NASA Ignores Its Own Data on Solar Irradiance
Over the last few decades, NASA has launched numerous multimillion dollar satellites into space that measure solar radiation near the Earth.
Satellite measurements of irradiance started with the NIMBUS-7 in 1978. Then there’s the Earth Radiation Budget Satellite (ERBS) launched in 1984 and the Active Cavity Radiometer Irradiance Monitor (ACRIM) on the Upper Atmosphere Research Satellite (UARS) project launched in 1991.
Then there’s the Solar Radiation and Climate Experiment (SORCE), launched in 2003, which was then continued with the Total and Spectral Solar Irradiance Sensor (TSIS-1), deployed as part of the International Space Station (ISS), which will see its second iteration, TSIS-2, launched in May of 2025.
Previous research from these measurements showed a regular increase in solar irradiance over time, like this 2003 paper from Advances in Space Research.
Investigative Economics previously highlighted how both NASA’s more recent SORCE and POWER data sets showed a steady increase of solar irradiance over the last two decades.
But on their website dedicated to climate, NASA insists that solar radiation has declined in recent years and therefore is not a driver of growing atmospheric temperatures:
The amount of solar energy Earth receives has followed the Sun’s natural 11-year cycle of small ups and downs, with no net increase since the 1950s. Over the same period, global temperature has risen markedly. It is therefore extremely unlikely that the Sun has caused the observed global temperature warming trend over the past half-century.
While NASA has numerous satellite-based data sets to choose from, they based their analysis on the Spectral And Total Irradiance REconstructions (SATIRE)-T2 data from the Max Planck Institute for Solar System Research, a German research institution. The SATIRE data is a reconstruction of solar irradiance based on solar magnetograms—images of the sun’s surface based on magnetic waves.
But basing irradiance on magnetograms is measuring solar strength at or close to the surface of the sun. It’s not how much is received by the Earth, which is highly dependent on the orbit and angle of the Earth relative to the sun and potentially other factors. Instead of magnetograms, satellites in the Earth’s orbit would ostensibly provide a closer measure of received solar radiation.

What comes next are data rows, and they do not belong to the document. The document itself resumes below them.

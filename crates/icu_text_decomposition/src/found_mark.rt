//! The next mark of a class in a run.

ghost use Rattle.std.specs.Prelude.{◌≡◌, ◌<◌, ◌∷◌, [], None, IfSome};
ghost use Rattle.ucd_normal.specs.CanonicalCombiningClass.{canonical_combining_class as class_of};
ghost use Rattle.icu_text_decomposition.specs.MarkClasses.{of_class};
ghost use Rattle.icu_text_decomposition.specs.inner.FrontMarks.{front_marks};
ghost use Rattle.icu_text_decomposition.specs.inner.Parts.{parts_left};

use crate::char_parts::Parts;
use icu_text_encodings::EncodedText;
use unicode_normalization::char::canonical_combining_class;

/// A mark of a run, with the places where it stands and behind it.
#[derive(Clone, Copy)]
pub(crate) struct FoundMark<T> {
    pub(crate) mark: char,
    pub(crate) class: usize,
    pub(crate) at: Parts<T>,
    pub(crate) after: Parts<T>,
}

/// The next mark of a class in a run, from a place in it on; `None` where the run ends.
pub(crate) fn find_mark<T: EncodedText>(class: usize, from: Parts<T>) -> Option<FoundMark<T>>
    ensures class { IfSome result (λ f. f.class ≡ class) }
    ensures own { IfSome result (λ f. (0 < class_of f.mark) × (class_of f.mark ≡ class)) }
    ensures at { IfSome result (λ f. of_class class (front_marks (parts_left T.text from))
        ≡ of_class class (front_marks (parts_left T.text f.at))) }
    ensures next { IfSome result (λ f. of_class class (front_marks (parts_left T.text from))
        ≡ f.mark ∷ of_class class (front_marks (parts_left T.text f.after))) }
    ensures none { result ≡ None → of_class class (front_marks (parts_left T.text from)) ≡ [] }
{
    let mut at = from;
    'marks: loop {
        let mut after = at;
        let mark = after.next()?;
        let next = usize::from(canonical_combining_class(mark));
        if next == 0 {
            return None;
        }
        if next == class {
            return Some(FoundMark {
                mark,
                class,
                at,
                after,
            });
        }
        at = after;
    }
}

Solar Output Variance Is Minimal
According to the University of Colorado’s Laboratory for Atmospheric and Space Physics, radiation coming from the sun varies “by only small fractions of one percent” over the course of its 11 year solar cycle, and that can potentially have an effect on climate.
But that’s minimal compared to other factors like variations in orbit and precession of the Earth which effect how much energy is received from the sun, otherwise known as the Milanković theory. Those changes can lead to a variance in insolation of 25 percent.
In 1997, the Milanković theory was the de facto theory of climate change.